### What is needed:
Every entry below is to be copied exactly, with nothing left out.

### Records from a collection:
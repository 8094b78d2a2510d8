//! A callee's code in the place of a call.

ghost use Rattle.std.specs.Prelude.{◌≡◌, ◌+◌, ◌≤◌, [], IfOk, None, length};
ghost use Rattle.cj_ir.specs.declared.language.Program.{Program};
ghost use Rattle.cj_draft.specs.WellNamed.{WellNamed};
ghost use Rattle.cj_inline.specs.Inlining.{inline_offence, inlined, inlined_or_left, IsAfter};
ghost use Rattle.cj_draft.specs.declared.limits.TheConstants.{MAX_CODE_REGS};

use crate::entries::entry_move;
use crate::offences::inline_offence;
use crate::places::with_callee;
use crate::seams::seam_at;
use crate::shifts::shifted_label;
use cj_draft::{Code, Draft, Skipped, VInstr};
use cj_ir::{Label, NoMemory, Program};

/// The draft with the callee's code in the place of the call at a label. The callee is a draft of the same program with the
/// empty context, and may be of the draft's own function.
///
/// The callee's places follow the draft's, and its registers and labels are numbered after the draft's. The place of the
/// call becomes one move to the callee's entry, which sets every register of the callee: the first ones to the arguments,
/// the others to 0. A return of the callee becomes one move of its value to the call's destination, and goes on at the call's
/// next label. The points, targets and pairs of the callee's places get the base frames that wait while the call runs, and
/// what is known at the call is known there too. The program and the context stay.
///
/// The pass is skipped, and the draft stays, where the label is not in the draft (`NoPlace`); where it holds no call, or no
/// run comes to it (`NotCall`); where the callee is of another function than the called one, which is told (`Other`); where
/// a point would have more frames than `MAX_FRAMES` (`Deep`); where there would be more registers than `MAX_CODE_REGS`, or
/// more labels than `MAX_CODE_LABELS` (`Full`). The first of these conditions that holds is told, with the number that is too great.
pub fn inline<'p>(
    draft: Draft<'p>,
    call: Label,
    callee: &Draft<'p>,
) -> Result<(Draft<'p>, Option<Skipped>), NoMemory>
    requires program { callee.now.program ≡ draft.program }
    requires context { callee.now.context ≡ [] }
    ensures program { IfOk result (λ made. made.0.program ≡ draft.entry.program) }
    ensures context { IfOk result (λ made. made.0.context ≡ draft.entry.context) }
    ensures skipped { IfOk result (λ made. made.1 ≡ inline_offence draft.entry.code call callee.now.code) }
    ensures code { IfOk result (λ made. IsAfter draft.entry.program draft.entry.code call callee.now.code made.0.code) }
{
    let callee = callee.code();
    let (checked, context, code) = draft.into_parts();
    if let Some(skipped) = inline_offence(&code, call, callee) {
        return Ok((Draft::adopt_in(checked, context, code), Some(skipped)));
    }
    let code = inlined(checked.program(), code, call, callee)?;
    Ok((Draft::adopt_in(checked, context, code), None))
}

/// The code with the callee in the place of the call. There is room for it.
#[tactic(auto, unfolding(crate::specs::Inlining::inlined, crate::specs::Inlining::inlined_at, crate::specs::Inlining::inlined_by))]
fn inlined(program: &Program, code: Code, call: Label, callee: &Code) -> Result<Code, NoMemory>
    requires code { WellNamed program.now code }
    requires callee { WellNamed program.now callee.now }
    requires room { code.regs + callee.now.regs ≤ MAX_CODE_REGS }
    ensures { IfOk result (λ made. made ≡ inlined program.now code call callee.now) }
{
    let index = call.0 as usize;
    let Some(place) = code.places.items().get(index) else {
        return Ok(code);
    };
    let VInstr::Call {
        dest,
        ref args,
        next,
        ..
    } = place.instr
    else {
        return Ok(code);
    };
    let seam = seam_at(program, &code, place, dest, next)?;
    let entry = shifted_label(seam.labels, callee.entry);
    let enter = entry_move(
        args.allocator(),
        code.regs,
        callee.regs,
        entry,
        args.items(),
    )?;
    let mut places = code.places;
    places.item_mut(index).instr = enter;
    let places = with_callee(places, &seam, &callee.places)?;
    Ok(Code {
        function: code.function,
        regs: code.regs + callee.regs,
        entry: code.entry,
        places,
    })
}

### Exercise result:
repository 8094b78d2a2510d8
//! A callee's code in the place of a call.

ghost use Rattle.std.specs.Prelude.{◌≡◌, ◌+◌, ◌≤◌, [], IfOk, None, length};
ghost use Rattle.cj_ir.specs.declared.language.Program.{Program};
ghost use Rattle.cj_draft.specs.WellNamed.{WellNamed};
ghost use Rattle.cj_inline.specs.Inlining.{inline_offence, inlined, inlined_or_left, IsAfter};
ghost use Rattle.cj_draft.specs.declared.limits.TheConstants.{MAX_CODE_REGS};

use crate::entries::entry_move;
use crate::offences::inline_offence;
use crate::places::with_callee;
use crate::seams::seam_at;
use crate::shifts::shifted_label;
use cj_draft::{Code, Draft, Skipped, VInstr};
use cj_ir::{Label, NoMemory, Program};

/// The draft with the callee's code in the place of the call at a label. The callee is a draft of the same program with the
/// empty context, and may be of the draft's own function.
///
/// The callee's places follow the draft's, and its registers and labels are numbered after the draft's. The place of the
/// call becomes one move to the callee's entry, which sets every register of the callee: the first ones to the arguments,
/// the others to 0. A return of the callee becomes one move of its value to the call's destination, and goes on at the call's
/// next label. The points, targets and pairs of the callee's places get the base frames that wait while the call runs, and
/// what is known at the call is known there too. The program and the context stay.
///
/// The pass is skipped, and the draft stays, where the label is not in the draft (`NoPlace`); where it holds no call, or no
/// run comes to it (`NotCall`); where the callee is of another function than the called one, which is told (`Other`); where
/// a point would have more frames than `MAX_FRAMES` (`Deep`); where there would be more registers than `MAX_CODE_REGS`, or
/// more labels than `MAX_CODE_LABELS` (`Full`). The first of these conditions that holds is told, with the number that is too great.
pub fn inline<'p>(
    draft: Draft<'p>,
    call: Label,
    callee: &Draft<'p>,
) -> Result<(Draft<'p>, Option<Skipped>), NoMemory>
    requires program { callee.now.program ≡ draft.program }
    requires context { callee.now.context ≡ [] }
    ensures program { IfOk result (λ made. made.0.program ≡ draft.entry.program) }
    ensures context { IfOk result (λ made. made.0.context ≡ draft.entry.context) }
    ensures skipped { IfOk result (λ made. made.1 ≡ inline_offence draft.entry.code call callee.now.code) }
    ensures code { IfOk result (λ made. IsAfter draft.entry.program draft.entry.code call callee.now.code made.0.code) }
{
    let callee = callee.code();
    let (checked, context, code) = draft.into_parts();
    if let Some(skipped) = inline_offence(&code, call, callee) {
        return Ok((Draft::adopt_in(checked, context, code), Some(skipped)));
    }
    let code = inlined(checked.program(), code, call, callee)?;
    Ok((Draft::adopt_in(checked, context, code), None))
}

/// The code with the callee in the place of the call. There is room for it.
#[tactic(auto, unfolding(crate::specs::Inlining::inlined, crate::specs::Inlining::inlined_at, crate::specs::Inlining::inlined_by))]
fn inlined(program: &Program, code: Code, call: Label, callee: &Code) -> Result<Code, NoMemory>
    requires code { WellNamed program.now code }
    requires callee { WellNamed program.now callee.now }
    requires room { code.regs + callee.now.regs ≤ MAX_CODE_REGS }
    ensures { IfOk result (λ made. made ≡ inlined program.now code call callee.now) }
{
    let index = call.0 as usize;
    let Some(place) = code.places.items().get(index) else {
        return Ok(code);
    };
    let VInstr::Call {
        dest,
        ref args,
        next,
        ..
    } = place.instr
    else {
        return Ok(code);
    };
    let seam = seam_at(program, &code, place, dest, next)?;
    let entry = shifted_label(seam.labels, callee.entry);
    let enter = entry_move(
        args.allocator(),
        code.regs,
        callee.regs,
        entry,
        args.items(),
    )?;
    let mut places = code.places;
    places.item_mut(index).instr = enter;
    let places = with_callee(places, &seam, &callee.places)?;
    Ok(Code {
        function: code.function,
        regs: code.regs + callee.regs,
        entry: code.entry,
        places,
    })
}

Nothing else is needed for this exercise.